Data for review START

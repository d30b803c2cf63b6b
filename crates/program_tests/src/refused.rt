//! Words, runs, sessions and workers of which each allocation is refused in turn, and a worker whose history is full.
use crate::play::exchanges_in;
use crate::program::{asked_by, line_of, words_of};
use fb_program::{Outcome, run, settings};
use fb_serve::{CallerState, Session, keep_working, run_session};
use fb_shared::{Receipt, Seat, Shared, WorkEnd};
use fb_wire::bench::Limits;
use fb_wire::{IntoWrite, MemoryFeed, RunEnd};
use refusing::{each_refused, refuse, report, was_refused};
use std::alloc::{AllocError, Global};
use std::sync::Wait;
use std::test::Fail;
use std::time::Clock;

// Words that find no memory are read again.
fn words_without(alloc: Global, line: &str, number: u32) -> Result<(bool, bool), Fail> {
    let wanted = asked_by(alloc, line)?;
    let words = words_of(alloc, line)?;
    refuse(alloc, number);
    let found = settings(alloc, &words);
    let is_refused = was_refused(alloc);
    let asked = match &found {
        Ok(settings) => Some(line_of(alloc, settings)?),
        Err(_) => asked_by(alloc, line)?,
    };
    if asked.is_none() || asked != wanted {
        return Err(Fail::from("another answer"));
    }
    Ok((is_refused, found.is_err()))
}

#[test]
fn words_are_read(rt: HostRuntime) -> Result<(), Fail> {
    for (way, line) in [
        (" of a script", "script --history 5"),
        (" of a server", "serve --port 7 --workers=3"),
        (" of a host", "host --port 7 --secret a/b"),
    ] {
        let found = each_refused(|number| words_without(rt.alloc(), line, number))?;
        report(&rt, "settings", way, found)?;
    }
    Ok(())
}

// Whether this is whole lines from the beginning of the replies.
fn is_prefix(output: &[u8], replies: &str) -> bool {
    let is_whole = output.is_empty() || output.last() == Some(&b'\n');
    is_whole && replies.as_bytes().starts_with(output)
}

const RUN: &str = r#"commit => {"commit":1}
{"op":"work","turns":1} => {"accepted":1}
{"op":"ask","kind":"faults","unit":"A"} => {"faults":[]}"#;

// Whether a run may end so for lack of memory: silently at its words, and else with a message after whole lines.
fn is_short(status: u8, output: &[u8], errors: &[u8], replies: &str) -> bool {
    let is_said = errors == "bench61499: out of memory\n".as_bytes();
    let is_silent = errors.is_empty() && output.is_empty();
    status == 1 && is_prefix(output, replies) && (is_said || is_silent)
}

// What a run writes has room.
fn run_without(alloc: Global, number: u32) -> Result<(bool, bool), Fail> {
    let (requests, replies) = exchanges_in(alloc, RUN)?;
    let words = words_of(alloc, "script --history 5")?;
    let mut output = Vec::with_capacity(alloc, 1000)?;
    let mut errors = Vec::with_capacity(alloc, 1000)?;
    let mut reader = MemoryFeed::new(requests.as_bytes(), 8192, u64::MAX);
    let mut writer = IntoWrite::new(&mut output);
    refuse(alloc, number);
    let outcome = run(alloc, &words, &mut reader, &mut writer, &mut errors, 1000);
    let is_refused = was_refused(alloc);
    let Outcome::Ended(status) = outcome else {
        return Err(Fail::from("a server"));
    };
    let is_whole = status == 0 && errors.is_empty() && output.as_slice() == replies.as_bytes();
    if !is_whole && !is_short(status, &output, &errors, &replies) {
        return Err(Fail::from("another end"));
    }
    Ok((is_refused, !is_whole))
}

#[test]
fn runs(rt: HostRuntime) -> Result<(), Fail> {
    let found = each_refused(|number| run_without(rt.alloc(), number))?;
    report(&rt, "run", " of a script", found)?;
    Ok(())
}

// Has a session send these lines and reach its end, and adds its receipts. It gives the seat and the replies.
fn talk<R: Wait>(
    rt: &R,
    alloc: Global,
    shared: &Shared,
    seat: Seat,
    receipts: &mut Vec<Receipt>,
    lines: &str,
) -> Result<(Seat, String), Fail> {
    let mut output = Vec::new(alloc);
    let mut feed = MemoryFeed::new(lines.as_bytes(), 8192, u64::MAX);
    let mut sink = IntoWrite::new(&mut output);
    let Session {
        end,
        seat,
        receipts: mut more,
    } = run_session(rt, alloc, shared, seat, &mut feed, &mut sink, 1000);
    receipts.append(&mut more)?;
    let replies = String::from_utf8(output)?;
    if end != RunEnd::End {
        return Err(Fail::from(replies));
    }
    Ok((seat, replies))
}

// No line names a job of another line, so that it can be sent again in another session.
const SESSION: &str = r#"commit => {"commit":1}
{"op":"take"} => {"job":1,"kind":"faults","unit":"A"}
{"op":"give_back","kind":"faults","unit":"A"} => {"returned":true}
{"op":"ask","kind":"net","unit":"A"} => {"refused":"NoSuchKey"}
{"op":"work","turns":1} => {"accepted":1}
{"op":"ask","kind":"faults","unit":"A"} => {"faults":[]}
"#;

// What is sent if the work has taken and not delivered.
const GIVE_BACK: &str =
    "{\"op\":\"give_back\",\"kind\":\"faults\",\"unit\":\"A\"} => {\"returned\":true}\n";

// How many calls have receipts after this number of answered lines. The work takes and delivers.
const CALLS: &[usize] = &[0, 1, 2, 3, 4, 6, 7];

// How a session continues after this number of answered lines and of calls: those of these lines, of one more, or some of one more. It gives
// the first line, and how many lines are left out after it.
fn rest_after(answered: usize, calls: usize) -> (&'static str, usize) {
    let next = answered.saturating_add(1);
    if CALLS.get(answered) == Some(&calls) {
        ("", answered)
    } else if CALLS.get(next) == Some(&calls) {
        ("", next)
    } else {
        (GIVE_BACK, answered)
    }
}

fn rest_of(alloc: Global, answered: usize, calls: usize) -> Result<String, AllocError> {
    let (first, lines) = rest_after(answered, calls);
    let mut rest = first.to_string(alloc)?;
    for line in SESSION.lines().skip(lines) {
        writeln!(rest, "{line}")?;
    }
    Ok(rest)
}

fn is_end(end: RunEnd, output: &[u8], replies: &str) -> bool {
    match end {
        RunEnd::End => output == replies.as_bytes(),
        RunEnd::Memory => is_prefix(output, replies),
        _ => false,
    }
}

// If a session ends for lack of memory another one continues with its seat, and the workbench closes with the receipts of both. What a session
// writes has room.
fn session_without<R: Wait>(rt: &R, alloc: Global, number: u32) -> Result<(bool, bool), Fail> {
    let (requests, replies) = exchanges_in(alloc, SESSION)?;
    let limits = Limits::new(4, 100).ok_or("limits")?;
    let (shared, mut seats) = Shared::new(alloc, limits, 1)?;
    let seat = seats.pop().ok_or("no seat")?;
    let mut output = Vec::with_capacity(alloc, 1000)?;
    let mut feed = MemoryFeed::new(requests.as_bytes(), 8192, u64::MAX);
    let mut sink = IntoWrite::new(&mut output);
    refuse(alloc, number);
    let session = run_session(rt, alloc, &shared, seat, &mut feed, &mut sink, 1000);
    let is_refused = was_refused(alloc);
    let Session {
        end,
        seat,
        mut receipts,
    } = session;
    let answered = output.iter().filter(|byte| **byte == b'\n').count();
    let rest = rest_of(alloc, answered, receipts.len())?;
    let (requests, wanted) = exchanges_in(alloc, &rest)?;
    let (seat, told) = talk(rt, alloc, &shared, seat, &mut receipts, &requests)?;
    seats.push(seat)?;
    let is_closed = shared.close(alloc, seats, &receipts).is_ok();
    let is_told = told.as_str() == wanted.as_str();
    if !is_told || !is_closed || !is_end(end, &output, &replies) {
        return Err(Fail::from("another end"));
    }
    Ok((is_refused, end == RunEnd::Memory))
}

#[test]
fn each_allocation_of_a_session(rt: HostRuntime) -> Result<(), Fail> {
    let found = each_refused(|number| session_without(&rt, rt.alloc(), number))?;
    report(&rt, "run_session", " of six lines", found)?;
    Ok(())
}

// A commit of two units.
const COMMIT: &str =
    "{\"op\":\"commit\",\"changes\":[{\"put\":\"A\",\"base\":0,\"text\":\"FUNCTION_BLOCK A END_FUNCTION_BLOCK\"},{\"put\":\"B\",\"base\":0,\"text\":\"FUNCTION_BLOCK B END_FUNCTION_BLOCK\"}]}\n";

// How many keys wait for a worker after it, and how many looks it makes.
const KEYS: u64 = 2;

// A workbench with this history, the state of a worker at it, and the seat of a session that has committed two units, with its receipts.
fn committed<R: Wait>(
    rt: &R,
    alloc: Global,
    history: u64,
) -> Result<(Shared, CallerState, Seat, Vec<Receipt>), Fail> {
    let limits = Limits::new(4, history).ok_or("limits")?;
    let (shared, mut seats) = Shared::new(alloc, limits, 2)?;
    let state = CallerState::new(alloc, seats.pop().ok_or("no seat")?);
    let seat = seats.pop().ok_or("no seat")?;
    let mut receipts = Vec::new(alloc);
    let (seat, _) = talk(rt, alloc, &shared, seat, &mut receipts, COMMIT)?;
    Ok((shared, state, seat, receipts))
}

// A worker begins again, so that of two jobs one is left at most: a session then finds how many.
fn worker_without<R: Wait + Clock>(
    rt: &R,
    alloc: Global,
    number: u32,
) -> Result<(bool, bool), Fail> {
    let (shared, mut state, seat, mut receipts) = committed(rt, alloc, 100)?;
    refuse(alloc, number);
    let _end = keep_working(rt, alloc, &shared, &mut state, KEYS);
    let is_refused = was_refused(alloc);
    let work = "{\"op\":\"work\",\"turns\":9}\n";
    let (seat, left) = talk(rt, alloc, &shared, seat, &mut receipts, work)?;
    let CallerState {
        seat: second,
        held: _,
        receipts: mut more,
    } = state;
    receipts.append(&mut more)?;
    let mut seats = Vec::new(alloc);
    seats.push(seat)?;
    seats.push(second)?;
    if Shared::close(shared, alloc, seats, &receipts).is_err() {
        return Err(Fail::from("not closed"));
    }
    match left.as_str() {
        "{\"accepted\":0}\n" => Ok((is_refused, false)),
        "{\"accepted\":1}\n" => Ok((is_refused, true)),
        _ => Err(Fail::from(left)),
    }
}

#[test]
fn each_allocation_of_a_worker(rt: HostRuntime) -> Result<(), Fail> {
    let found = each_refused(|number| worker_without(&rt, rt.alloc(), number))?;
    report(&rt, "keep_working", " of two jobs", found)?;
    Ok(())
}

/// A history that is full once the worker has taken its second job, and the number of that call.
const ROOM: u64 = 4;

// There is no room for the second result of a worker. The key of its second job can't be given back either, so it stays held. That of its
// first is settled.
#[test]
fn a_key_that_is_not_given_back_stays_held(rt: HostRuntime) -> Result<(), Fail> {
    let (shared, mut state, _seat, _receipts) = committed(&rt, rt.alloc(), ROOM)?;
    let end = keep_working(&rt, rt.alloc(), &shared, &mut state, KEYS);
    let since: Vec<u64> = state.held.iter().map(|it| it.since).collect(rt.alloc())?;
    assert_eq!(rt; (end, state.receipts.len()), (WorkEnd::HistoryFull, 3));
    assert_eq!(rt; since.as_slice(), [ROOM].as_slice());
    Ok(())
}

Data for review END

Required work: Quote, word for word, every line from the top of the entries through the line that holds "let found = settings(alloc, &words);".

Written response:
repository d30b803c2cf63b6b
filename crates/program_tests/src/refused.rt
//! Words, runs, sessions and workers of which each allocation is refused in turn, and a worker whose history is full.
use crate::play::exchanges_in;
use crate::program::{asked_by, line_of, words_of};
use fb_program::{Outcome, run, settings};
use fb_serve::{CallerState, Session, keep_working, run_session};
use fb_shared::{Receipt, Seat, Shared, WorkEnd};
use fb_wire::bench::Limits;
use fb_wire::{IntoWrite, MemoryFeed, RunEnd};
use refusing::{each_refused, refuse, report, was_refused};
use std::alloc::{AllocError, Global};
use std::sync::Wait;
use std::test::Fail;
use std::time::Clock;

// Words that find no memory are read again.
fn words_without(alloc: Global, line: &str, number: u32) -> Result<(bool, bool), Fail> {
    let wanted = asked_by(alloc, line)?;
    let words = words_of(alloc, line)?;
    refuse(alloc, number);
    let found = settings(alloc, &words);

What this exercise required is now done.